■ **HOW TO COMPLETE THIS TASK**: Your answer should be only the lines below from the one with "pub enum BuilderError" to the one with "impl From<AllocError> for", repeated exactly, ends included.

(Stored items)
//! The grammar text: a reader that is proved, and a builder of grammars by calls. What most callers
//! need can be named without its module, as in `use grammar_text::{GrammarBuilder, read};`.
//!
//! - `builder`, `builder_error`: the builder, and its errors.
//! - `grammar`, `read_error`: the reader of a text, and its errors.
//! - `lines`: the lines of a text, and what each line says.
//! - `symbols`: names, literals and symbols of words.
#![tactic(auto)]

pub mod builder;
pub mod builder_error;
mod collected;
pub mod grammar;
pub mod lines;
pub mod read_error;
pub mod symbols;

pub use builder::{GrammarBuilder, SymbolText};
pub use builder_error::BuilderError;
pub use grammar::read;
pub use read_error::ReadError;
pub use symbols::{literals, name_of};
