//! Reading a grammar text.
ghost use Rattle.std.specs.Prelude.{◌≡◌, None, List, position, IfOk, OnOk, IfErr, ◌≤◌, ◌^◌, length};
ghost use Rattle.std.specs.List.Sorted.{IsStrictlySortedBy};
ghost use Rattle.lalrpop_base.specs.Words.{IsWellFormed};
ghost use Rattle.grammar_text.specs.declared.lines.PlacedLine.{PlacedLine};
ghost use Rattle.grammar_text.specs.declared.read_error.ReadError.TheVariants.{Memory};
ghost use Rattle.grammar_text.specs.Lines.{lines_of, is_fault};
ghost use Rattle.grammar_text.specs.Grammar.{StandsFor, productions_in, terminal_cmp};
ghost use Rattle.grammar_text.specs.Collected.{IsCollected};
ghost use Rattle.grammar_text.specs.Faults.{IsFaultOf};

use crate::collected::{Collected, with_line};
use crate::lines::placed_line;
use crate::read_error::ReadError;
use lalrpop_base::memory::OutOfMemory;
use lalrpop_base::repr::TerminalString;
use lalrpop_base::repr::grammar::{Algorithm, Grammar};
use lalrpop_base::repr::terminals::{TerminalSet, TerminalSetError};
use std::alloc::Global;
use std::collections::BTreeSet;

/// Reads a grammar text. It returns an error if a line is no grammar line, if there are more
/// productions than numbers of actions, or if an allocation fails.
pub fn read(alloc: Global, text: &str) -> Result<Grammar, ReadError>
    ensures ok { IfOk result (StandsFor (lines_of text.now)) }
    ensures well_formed { IfOk result IsWellFormed }
    ensures no_fault { OnOk result (position is_fault (lines_of text.now) ≡ None) }
    ensures few { OnOk result (length (productions_in (lines_of text.now)) ≤ 2 ^ 32) }
    ensures err { IfErr result (IsFaultOf (lines_of text.now)) }
{
    let collected = collected_of(alloc, text)?;
    Ok(grammar_of(alloc, collected)?)
}

// Collects what the lines of a text say. If a line is no grammar line, `collected_of` reports that
// line rather than too many actions. So it reads all lines before it returns an error of
// `with_line`.
fn collected_of(alloc: Global, text: &str) -> Result<Collected, ReadError>
    ensures ok { IfOk result (IsCollected (lines_of text.now)) }
    ensures no_fault { OnOk result (position is_fault (lines_of text.now) ≡ None) }
    ensures few { OnOk result (length (productions_in (lines_of text.now)) ≤ 2 ^ 32) }
    ensures err { IfErr result (IsFaultOf (lines_of text.now)) }
{
    let mut so_far = Ok(Collected::new(alloc));
    let mut number = 0;
    let mut at = 0;
    for line in text.split('\n') {
        number += 1;
        let placed = placed_line(alloc, line, at)?;
        if placed.is_no_grammar_line() {
            return Err(ReadError::Line(number));
        }
        so_far = with_line(alloc, so_far, placed);
        at += line.len() + 1;
    }
    so_far
}

/// The grammar of what was collected.
pub(crate) fn grammar_of(alloc: Global, collected: Collected) -> Result<Grammar, OutOfMemory>
    ensures { IfOk result (λ grammar. (lines : List PlacedLine) →
        IsCollected lines collected →
        StandsFor lines grammar) }
{
    let terminals = set_of(alloc, collected.terminals)?;
    let algorithm = Algorithm { lalr: false };
    Ok(Grammar {
        nonterminals: collected.nonterminals,
        terminals,
        action_fn_defns: collected.action_fn_defns,
        algorithm,
    })
}

// The set of terminals, numbered in ascending order.
fn set_of(alloc: Global, terminals: BTreeSet<TerminalString>) -> Result<TerminalSet, OutOfMemory>
    ensures value { IfOk result (λ set. set ≡ terminals.keys) }
    ensures ascending { IfOk result (IsStrictlySortedBy terminal_cmp) }
{
    let mut all = Vec::new(alloc);
    for terminal in terminals {
        all.push(terminal)?;
    }
    match TerminalSet::new(alloc, all) {
        Ok(set) => Ok(set),
        Err(TerminalSetError::Repeated(_)) => unreachable!(),
        Err(TerminalSetError::Memory) => Err(OutOfMemory),
    }
}
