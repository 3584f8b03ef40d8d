//! The error of a builder of a grammar.
ghost use Rattle.std.specs.Prelude.{◌≡◌};
ghost use Rattle.grammar_text.specs.declared.builder_error.BuilderError.TheVariants.{Memory};

use lalrpop_base::memory::OutOfMemory;
use lalrpop_base::repr::NonterminalString;
use lalrpop_base::text::Text;
use std::alloc::{AllocError, AllocFailed};
use thiserror::Error;

/// Why a line is refused, or why lines give no grammar.
#[derive(Debug, Drop, PartialEq, Eq, Error)]
pub enum BuilderError {
    /// The text that is given as the name of a nonterminal.
    #[error("`{0}` is not a name")]
    Name(Text),
    /// The nonterminal of the production, and the first word that is neither a name nor a literal,
    /// with its number, counted from 1.
    #[error("production of {nonterminal}: symbol {number}, `{word}`, is neither a name nor a literal")]
    Word {
        nonterminal: NonterminalString,
        number: usize,
        word: Text,
    },
    /// There are more than 4294967296 productions.
    #[error("too many actions")]
    TooManyActions,
    /// An allocation failed.
    #[error("out of memory")]
    Memory,
}

impl From<AllocError> for BuilderError {
    ghost from_gives = { λ _ e. e ≡ Memory };

    fn from(_e: AllocError) -> BuilderError {
        BuilderError::Memory
    }
}

impl<T: Drop> From<AllocFailed<T>> for BuilderError {
    ghost from_gives = { λ _ e. e ≡ Memory };

    fn from(_e: AllocFailed<T>) -> BuilderError {
        BuilderError::Memory
    }
}

impl From<OutOfMemory> for BuilderError {
    ghost from_gives = { λ _ e. e ≡ Memory };

    fn from(_e: OutOfMemory) -> BuilderError {
        BuilderError::Memory
    }
}
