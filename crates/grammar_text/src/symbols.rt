//! Names, literals and symbols of a grammar text.
ghost use Rattle.std.specs.Prelude.{◌≡◌, ◌==◌, ◌<◌, IfOk, Some, None, MatchOption, map, option_map};
ghost use Rattle.std.specs.List.{slice_split, list_all};
ghost use Rattle.lalrpop_grammar.specs.declared.repr.TerminalString.TheVariants.{Literal};
ghost use Rattle.grammar_text.specs.Symbols.{starts_name, continues_name, is_name, name_of, up_to_quote, quoted, symbol_of, symbols_of};

use lalrpop_base::memory::OutOfMemory;
use lalrpop_base::repr::{NonterminalString, Symbol, Symbols, TerminalString};
use lalrpop_base::sequence::Sequence;
use lalrpop_base::text::Text;
use std::alloc::Global;

/// The pieces of a text between the occurrences of an ASCII character. If the character occurs n
/// times, there are n + 1 pieces.
pub fn pieces<'a>(alloc: Global, text: &'a str, by: char) -> Result<Vec<&'a str>, OutOfMemory>
    requires { by < 128 }
    ensures { IfOk result
        (λ all. map (λ p. p.now) all.items ≡ slice_split (λ b. b == by) text.now) }
{
    let mut all = Vec::new(alloc);
    let mut rest = text;
    while let Some((piece, more)) = rest.split_once(by) {
        all.push(piece)?;
        rest = more;
    }
    all.push(rest)?;
    Ok(all)
}

// Whether a byte may begin a name.
fn starts_a_name(b: u8) -> bool
    ensures { result ≡ starts_name b }
{
    b.is_ascii_alphabetic() || b == b'_'
}

// Whether a byte may come in a name after its first byte.
fn continues_a_name(b: u8) -> bool
    ensures { result ≡ continues_name b }
{
    starts_a_name(b) || b.is_ascii_digit()
}

/// Whether a word is a name: an ASCII letter or `_`, and then ASCII letters, digits or `_`.
pub fn is_a_name(word: &str) -> bool
    ensures { result ≡ is_name word.now }
{
    match word.as_bytes().split_first() {
        None => false,
        Some((first, others)) => starts_a_name(*first) && all_continue(others),
    }
}

// Whether each byte may come in a name after its first byte.
fn all_continue(bytes: &[u8]) -> bool
    ensures { result ≡ list_all continues_name bytes.now }
{
    bytes.iter().all(|b| continues_a_name(*b))
}

/// The text between the quotes, if the word is a literal, and else `None`.
pub fn unquoted(word: &str) -> Option<&str>
    ensures { MatchOption result (quoted word.now ≡ None)
        (λ text. quoted word.now ≡ Some text.now) }
{
    match word.strip_prefix('"') {
        None => None,
        Some(body) => before_last_quote(body),
    }
}

// The text before the first quote, if the text is not empty and nothing comes after the quote.
fn before_last_quote(body: &str) -> Option<&str>
    ensures { MatchOption result (up_to_quote body.now ≡ None)
        (λ text. up_to_quote body.now ≡ Some text.now) }
{
    let (text, after) = body.split_once('"')?;
    if text.is_empty() || !after.is_empty() {
        return None;
    }
    Some(text)
}

/// The nonterminal that a word names.
pub fn name_of(alloc: Global, word: &str) -> Result<NonterminalString, OutOfMemory>
    ensures { IfOk result (λ name. name ≡ name_of word.now) }
{
    Ok(NonterminalString {
        text: Text::new(alloc, word)?,
    })
}

/// The symbol of a word: a nonterminal or a literal. `None` if the word is neither.
pub fn symbol_of(alloc: Global, word: &str) -> Result<Option<Symbol>, OutOfMemory>
    ensures { IfOk result (λ symbol. symbol ≡ symbol_of word.now) }
{
    if is_a_name(word) {
        return Ok(Some(Symbol::Nonterminal(name_of(alloc, word)?)));
    }
    match unquoted(word) {
        None => Ok(None),
        Some(text) => {
            let literal = TerminalString::Literal(Text::new(alloc, text)?);
            Ok(Some(Symbol::Terminal(literal)))
        }
    }
}

/// The symbols of words. `None` if a word is neither a name nor a literal.
pub fn symbols_of(alloc: Global, words: &[&str]) -> Result<Option<Symbols>, OutOfMemory>
    ensures { IfOk result (λ symbols. symbols ≡ symbols_of (map (λ w. w.now) words.now)) }
{
    let mut symbols = Sequence::new(alloc);
    for word in words {
        match symbol_of(alloc, word)? {
            None => return Ok(None),
            Some(symbol) => symbols.push(symbol)?,
        }
    }
    Ok(Some(symbols))
}

/// The literals with these texts, which are given without quotes. They are tokens for a parser.
pub fn literals(alloc: Global, texts: &[&str]) -> Result<Vec<TerminalString>, OutOfMemory>
    ensures { IfOk result (λ all. all.items ≡ map (λ t. Literal t.now) texts.now) }
{
    let mut all = Vec::new(alloc);
    for text in texts {
        all.push(TerminalString::Literal(Text::new(alloc, text)?))?;
    }
    Ok(all)
}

■ **RESPONSE FOR THIS EXERCISE**:
pub enum BuilderError {
    /// The text that is given as the name of a nonterminal.
    #[error("`{0}` is not a name")]
    Name(Text),
    /// The nonterminal of the production, and the first word that is neither a name nor a literal,
    /// with its number, counted from 1.
    #[error("production of {nonterminal}: symbol {number}, `{word}`, is neither a name nor a literal")]
    Word {
        nonterminal: NonterminalString,
        number: usize,
        word: Text,
    },
    /// There are more than 4294967296 productions.
    #[error("too many actions")]
    TooManyActions,
    /// An allocation failed.
    #[error("out of memory")]
    Memory,
}

impl From<AllocError> for BuilderError {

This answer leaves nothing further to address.